Borat likes to fish there......very niiice.... I take'a your spot then mabey I catch a fish, no?


----------



## Carpman (May 18, 2005)

1roofmusky said:


> Harpersfield Dam on the weekend is a great place to: cross lines, get in a fist fight, throw bait at skittish/distressed fish, slip on the algae covered bottom and fall in, then go home fishless and angry! Good luck wading through/with the crowds! If you want to catch steelhead and not a misdemeanor then fish the tribs or get away from the crowds!


Dude, it's really not that bad there. Even on the weekends......The river is sooo wide there is a lot of water to fish. I have seen some crowds up there, but have always been able to find a secluded spot to get some chrome hooked up. You are right about the algae though, just take it slow! Never had a problem with other people there, they are actually friendly, it MAY just be you!


----------



## bighomied (Dec 17, 2008)

i agree with carpman ive been up there a half a dozen time and never had a problem everybody is pretty friendly


----------



## bigcats28 (Jul 23, 2006)

I was at Harpersfield last Saturday, and the "cold" weather put a stop to the crowds. Plus, the Grand is so big that you can almost always find a somewhat secluded hole


----------



## Patricio (Feb 2, 2007)

I was working a small stretch of water when some "flyfishers" came up behind me. they seem to travel in packs in this day and age. they asked how I was doing, I said something like, "not too good". then all 3 of them proceeded to walk directly through the small run I was working.

edit: this was at harpersfield.


----------



## bigcats28 (Jul 23, 2006)

Yea, it happens sometimes. Doesn't really matter how a person fishes, sometimes people think their time and spots are more important than yours, even when there is plenty of river


----------



## BigDaddy300 (Nov 1, 2004)

Jack'n Fish said:


> Fish the Grand more fun more fish more challenge. Ditch fishin is for kids silly wabbit.


Don't call Parma a kid and pick on his honey hole!


----------



## ParmaBass (Apr 11, 2004)

BigDaddy300 said:


> Don't call Parma a kid and pick on his honey hole!


Salt Jockey!


----------



## BigDaddy300 (Nov 1, 2004)

ParmaBass said:


> Salt Jockey!


Lots of people want to have a "salt jockey" friend this time of year!


----------



## ParmaBass (Apr 11, 2004)

I'll be over soon, getting low!


----------



## Firefighter-Dadfishin (Jun 14, 2008)

Thanks for the replies about Arcola was just curious about the creek like i said i havn't been there since i was 15 which is 1990. Thanks for the info.


----------



## creekcrawler (Oct 5, 2004)

> Borat likes to fish there......very niiice.... I take'a your spot then mabey I catch a fish, no?
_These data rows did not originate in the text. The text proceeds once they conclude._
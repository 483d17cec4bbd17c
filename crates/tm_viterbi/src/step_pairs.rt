// The branch metrics of two steps at once, by one shuffle of their octets: which octet each lane takes depends on where
// the steps stand in the puncture pattern.
ghost use Rattle.std.specs.Prelude.{◌≡◌, Bool, ℕ, ◌+◌, ◌*◌, ◌<◌, ◌≤◌, take, drop, length, slice_index, if◌then◌else◌};
ghost use Rattle.tm_conv.specs.Path.{step_size, farthest_step};
ghost use Rattle.tm_conv.specs.Cost.{greatest_octet, most_branch_metric};
ghost use Rattle.tm_viterbi.specs.Totals.{AreBranchMetrics};
ghost use Rattle.tm_viterbi.specs.StepPairs.{two_step_masks, IsStepPair, AreStepPairs};

use std::simd::prelude::*;
use tm_conv::{Rate, kept};

// Two steps: for each lane how many symbols are sent before its own, what its octet is xored with, and all bits where
// its sum is sent; and how many symbols the steps send.
#[derive(Drop)]
pub(crate) struct StepPair {
    places: Simd<u8, 16>,
    masks: Simd<u8, 16>,
    sent: Simd<u8, 16>,
    pub(crate) size: usize,
}

// An octet is its own distance from a 0, and complemented its distance from a 1; c2 may be sent inverted.
pub(crate) fn two_step_masks(invert: bool) -> Simd<u8, 16>
    ensures { result ≡ two_step_masks invert }
{
    if invert {
        u8x16::from_array([
            0, 0, 255, 255, 0, 0, 255, 255, 255, 0, 255, 0, 255, 0, 255, 0,
        ])
    } else {
        u8x16::from_array([
            0, 0, 255, 255, 0, 0, 255, 255, 0, 255, 0, 255, 0, 255, 0, 255,
        ])
    }
}

// Of four sums in the order in which they are sent: c1 of both steps, and then c2, each once for each of its step's
// four pairs.
pub(crate) const FOUR_TIMES: [usize; 16] = [0, 0, 0, 0, 2, 2, 2, 2, 1, 1, 1, 1, 3, 3, 3, 3];

// All bits, or none.
fn all_bits(is_sent: bool) -> u8
    ensures { result ≡ (if is_sent then greatest_octet else 0) }
{
    if is_sent { 255 } else { 0 }
}

// Step t and the one after it.
#[inline(always)]
fn step_pair(rate: Rate, invert: bool, t: u64) -> StepPair
    requires { t < farthest_step }
    ensures { IsStepPair rate invert t result }
{
    let (first_c1, first_c2) = kept(rate, t);
    let (second_c1, second_c2) = kept(rate, t + 1);
    let before_c2 = u8::from(first_c1);
    let first = before_c2 + u8::from(first_c2);
    let before_last = first + u8::from(second_c1);
    let places = u8x4::from_array([0, before_c2, first, before_last]);
    let sent = u8x4::from_array([
        all_bits(first_c1),
        all_bits(first_c2),
        all_bits(second_c1),
        all_bits(second_c2),
    ]);
    StepPair {
        places: places.swizzle(FOUR_TIMES),
        masks: two_step_masks(invert),
        sent: sent.swizzle(FOUR_TIMES),
        size: usize::from(before_last + u8::from(second_c2)),
    }
}

// Those that begin at each step of a pattern, and two more, so that the pair after one is there too.
#[inline(always)]
pub(crate) fn step_pairs(rate: Rate, invert: bool) -> [StepPair; 9]
    ensures { AreStepPairs rate invert result }
{
    [
        step_pair(rate, invert, 0),
        step_pair(rate, invert, 1),
        step_pair(rate, invert, 2),
        step_pair(rate, invert, 3),
        step_pair(rate, invert, 4),
        step_pair(rate, invert, 5),
        step_pair(rate, invert, 6),
        step_pair(rate, invert, 7),
        step_pair(rate, invert, 8),
    ]
}

// Four octets, and zeros.
const WIDE: [usize; 16] = [0, 1, 2, 3, 4, 4, 4, 4, 4, 4, 4, 4, 4, 4, 4, 4];

// The branch metrics of step t and of the one after it, from as many octets as they send at most.
#[inline(always)]
pub(crate) fn pair_metrics(
    rate: Rate,
    invert: bool,
    t: u64,
    pair: &StepPair,
    octets: &[u8],
) -> (Simd<u16, 4>, Simd<u16, 4>)
    requires pair { IsStepPair rate invert t pair.now }
    requires size { length octets.now ≡ 4 }
    ensures first { AreBranchMetrics rate invert t (take (step_size rate t) octets.now) result.0 }
    ensures second { AreBranchMetrics rate invert (t + 1)
        (take (step_size rate (t + 1)) (drop (step_size rate t) octets.now)) result.1 }
    ensures first_small { (k : ℕ) → k < 4 → slice_index result.0 k ≤ most_branch_metric }
    ensures second_small { (k : ℕ) → k < 4 → slice_index result.1 k ≤ most_branch_metric }
{
    let wide = u8x4::from_slice(octets).shuffle(u8x4::splat(0), WIDE);
    let each = (wide.swizzle_dyn(pair.places) ^ pair.masks) & pair.sent;
    let firsts = each.extract::<0, 8>().cast::<u16>();
    let seconds = each.extract::<8, 8>().cast::<u16>();
    let metrics = firsts.strict_add(seconds);
    (metrics.extract::<0, 4>(), metrics.extract::<4, 4>())
}
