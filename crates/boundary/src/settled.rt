// The rounds by themselves, for a comparison of rounds: what a build, a fill, an ask and a pin settle before they go on.
ghost use Rattle.std.specs.Prelude.{◌≡◌, ◌+◌, ◌<◌, ◌≤◌, Ok, true, not, length, take, IfOk};
ghost use Rattle.std.specs.List.{list_all};
ghost use Rattle.tables.specs.Check.{checked};
ghost use Rattle.tables.specs.Numbers.{answer_number, answer_place};
ghost use Rattle.rules.specs.Pins.{out_of_range};
ghost use Rattle.rules.specs.Rounds.{outcome, pinned};
ghost use Rattle.rounds.specs.Rounds.{Settles};
ghost use Rattle.boundary.specs.Answers.{held_as};
ghost use Rattle.boundary.specs.Settled.{settle_verdict, judged, Leaves};

use crate::answer::{Answer, accepted, refused};
use crate::desk::{LentBook, held_as};
use calls::opening::open;
use rounds::settle::{Settled, settle};
use rules::book::Book;
use tables::numbers::Refusal;

/// The rounds over a table that passed the tests, with room for each variable and place 0.
fn run(
    n: usize,
    table: &[i32],
    pins: &[i32],
    row: &mut [i32],
    stands: &mut [u16],
) -> Result<Settled, Refusal>
    requires few { n ≤ 1024 }
    requires table { checked n table.now ≡ Ok tt }
    requires pins { list_all (λ x. not (out_of_range n x)) pins.now ≡ true }
    requires room { 16384 ≤ length row.old }
    requires stands { n < length stands.old }
    ensures { Settles (outcome n (pinned table.now pins.now)) result (take (n + 1) stands.new) row.new }
{
    let (all, _) = stands.split_at_mut(n + 1);
    settle(n, table, pins, row, all)
}

/// The rounds behind the tests that every call begins with.
fn settled(
    n: usize,
    table: &[i32],
    book: &Book,
    row: &mut [i32],
    stands: &mut [u16],
) -> Result<Settled, Refusal>
    ensures is { judged result ≡ settle_verdict n table.now book.now (length row.old) (length stands.old) }
    ensures settled { IfOk result (λ s. Leaves n table.now book.now s.rounds s.entries row.new stands.new) }
{
    open(n, table, book, row.len())?;
    if stands.len() <= n {
        return Err(Refusal::ShortBuffer(n + 1));
    }
    run(n, table, book.in_force(), row, stands)
}

/// Settles a table with the held pins; also returns the rounds, and how many entries of the row are then the settled table.
/// The other row says what each variable stands for: a literal's number, or 1 or 0 for a fixed one.
#[unsafe(no_mangle)]
pub extern "C" fn choptimber_settle(
    n: usize,
    table: &[i32],
    book: &LentBook,
    row: &mut [i32],
    stands: &mut [u16],
) -> Answer
    ensures number { result.number ≡ answer_number (settle_verdict n table.now (held_as book.now) (length row.old) (length stands.old)) }
    ensures place { result.place ≡ answer_place (settle_verdict n table.now (held_as book.now) (length row.old) (length stands.old)) }
    ensures refused { 0 < result.number → (result.first ≡ 0) × (result.second ≡ 0) }
    ensures settled { result.number ≡ 0 → Leaves n table.now (held_as book.now) result.first result.second row.new stands.new }
{
    match settled(n, table, &held_as(book), row, stands) {
        Ok(done) => accepted(done.rounds, done.entries),
        Err(why) => refused(why),
    }
}
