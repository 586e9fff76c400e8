// The boundary: the proved calls as a static library, for programs that are not Rattle. Numbers, slices and small records
// cross it; each export only hands on to the call that it is named after, and says again what that one promises.
#![tactic(auto)]

pub mod answer;
pub mod desk;
pub mod paper;
pub mod plans;
pub mod printing;
pub mod settled;
pub mod yard;
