// Where a gate stands in the settled table: its anchor, and which of the anchor's literals is the output. All else of a gate
// follows from these (`gate_of`).

/// A gate found at an anchor.
#[derive(Clone, Copy, Debug, Default, PartialEq, Eq)]
pub struct Site {
    /// The anchor's first entry in the row.
    pub start: usize,
    /// The anchor's ending zero.
    pub end: usize,
    /// The literal of the anchor that is the output: of the and-form the o, of parity one whose variable is the output.
    pub output: usize,
    /// Is it a parity group, or an and-form?
    pub parity: bool,
}

impl Site {
    ghost use Rattle.std.specs.Prelude.{◌≡◌};
    ghost use Rattle.gates.specs.Sites.{Within, entries_of};

    /// The anchor: its own stretch of the row.
    pub fn anchor(self, row: &[i32]) -> &[i32]
        requires { Within row.now self }
        ensures { result.now ≡ entries_of row.now self }
    {
        &row[self.start..self.end]
    }
}
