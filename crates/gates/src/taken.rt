// The gates taken from a settled table, in an order of evaluation: each stands behind those that its inputs depend on.
ghost use Rattle.std.specs.List.{All};
ghost use Rattle.gates.specs.Sites.{Within};

use crate::site::Site;

/// The gates taken, and the settled table where they stand.
#[derive(Clone, Copy)]
pub struct Taken<'a> {
    /// The settled table.
    pub row: &'a [i32],
    pub sites: &'a [Site],
    ghost within: { All (Within row.now) sites.now },
}
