// A gate in code: where it stands in the settled table, its kind, inputs, output and rule of value.
#![tactic(auto)]

pub mod inputs;
pub mod kinds;
pub mod outputs;
pub mod site;
pub mod taken;
pub mod value;
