// The inputs of a gate that is found at an anchor: one for each of the anchor's other literals, and none is written down. Who
// needs them goes by the iterator.
ghost use Rattle.std.specs.Prelude.{◌≡◌, ◌<◌, length};
ghost use Rattle.std.specs.List.{count_by};
ghost use Rattle.tables.specs.Literal.{valued};
ghost use Rattle.gates.specs.Sites.{Within};
ghost use Rattle.gates.specs.Inputs.{input, inputs, to_come};
ghost use Rattle.gates.specs.Counting.{counts};

use crate::kinds::{CG, DG};
use crate::site::Site;
use tables::literal::{is_negative, literal, opposite, var};
use tables::values::is_set;

/// The inputs that are still to come, in the order of the anchor's literals.
#[derive(Drop)]
pub struct Inputs<'a> {
    site: Site,
    /// What is left of the anchor.
    rest: &'a [i32],
}

/// Whether an input of that value counts as true: that of cg or dg as a literal, any other by its variable.
pub fn is_counted(kind: u8, input: usize, value: bool) -> bool
    ensures { result ≡ counts kind (λ _. value) input }
{
    if kind == CG || kind == DG {
        value != is_negative(input)
    } else {
        value
    }
}

/// The input that stands for one of the other literals of the anchor.
#[tactic(auto, unfolding(crate::specs::Inputs::input))]
pub fn input(site: Site, other: usize) -> usize
    ensures { result ≡ input site other }
{
    if site.parity {
        2 * var(other)
    } else if is_negative(site.output) {
        other
    } else {
        opposite(other)
    }
}

impl<'a> Iterator for Inputs<'a> {
    ghost use Rattle.std.specs.Iterator.{YieldsFirst, item_count};

    type Item = usize;

    ghost next_gives = { YieldsFirst to_come };

    ghost remaining = { item_count to_come };

    fn next(&mut self) -> Option<usize> {
        let (site, rest) = (self.site, self.rest);
        let place = rest
            .iter()
            .position(|&entry| literal(entry) != site.output)?;
        self.rest = &rest[place + 1..];
        Some(input(site, literal(rest[place])))
    }
}

impl Site {
    /// The inputs, one after another.
    #[tactic(auto, using(crate::proofs::InputSteps::inputs_begin))]
    pub fn inputs(self, row: &[i32]) -> Inputs<'_>
        requires { Within row.now self }
        ensures { to_come result ≡ inputs row.now self }
    {
        Inputs {
            site: self,
            rest: self.anchor(row),
        }
    }
}

/// How many inputs there are.
#[tactic(auto, using(crate::proofs::InputSteps::few_come))]
pub fn input_count(row: &[i32], site: Site) -> usize
    requires { Within row.now site }
    ensures { result ≡ length (inputs row.now site) }
{
    site.inputs(row).count()
}

/// How many inputs count as true.
#[tactic(auto, using(crate::proofs::InputSteps::few_come))]
pub fn true_count(row: &[i32], site: Site, kind: u8, values: &[u8]) -> usize
    requires { Within row.now site }
    ensures { result ≡ count_by (counts kind (valued values.now)) (inputs row.now site) }
{
    site.inputs(row)
        .filter(|&l| is_counted(kind, l, is_set(values, var(l))))
        .count()
}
Dang near made me choke on my lunch!


----------



## ParmaBass (Apr 11, 2004)

It was a true story too!!


----------



## Skish (Nov 4, 2008)

ParmaBass said:


> Borat likes to fish there......very niiice.... I take'a your spot then mabey I catch a fish, no?


Yea, I met that guy and his son. Qll by my lonesome, castin a spoon last Monday. Borat and his kid bring 2 rods apiece, one for drop shotting the middle of the pool and one for driftin right in front of me.Changed up to an old walleye spoon, backed up, casted over all four of their lines. You should have seen the looks I got. I told them it'd be ok, reeled the whole mess in walked into the weeds alittle, cut off my spoon and hit the road. Not sure what they were sayin, but I'm fairly certain it wasn't "good Luck"!


----------



## ParmaBass (Apr 11, 2004)

They can be fun to mess with when they piss you off! I told Borat about a special "hair" jig I was using, I told him to ask around at all the local bait shops to see if the carried them, lol......still makes me laugh out loud. Listening to Archman try to hold his laughter was priceless!


----------



## Carpman (May 18, 2005)

I have ran into many borat up fishing, I have many more borat to meet also! They are very annoying, I had one fish literally 5 feet next to me today, and there was plenty of open water! Thick wooden bobbers and 20lb. test......That sounds like fun!


----------



## 1roofmusky (May 20, 2008)

Carpman-

I'm not trying to "dis" your spot!!! All I'm saying is if I had to drive from the Mansfield area to Harpersfield Dam to Steelhead fish, I would start looking for better spots! Especially spots where the fishes heads aren't bruised and dented from all the wading fisherman!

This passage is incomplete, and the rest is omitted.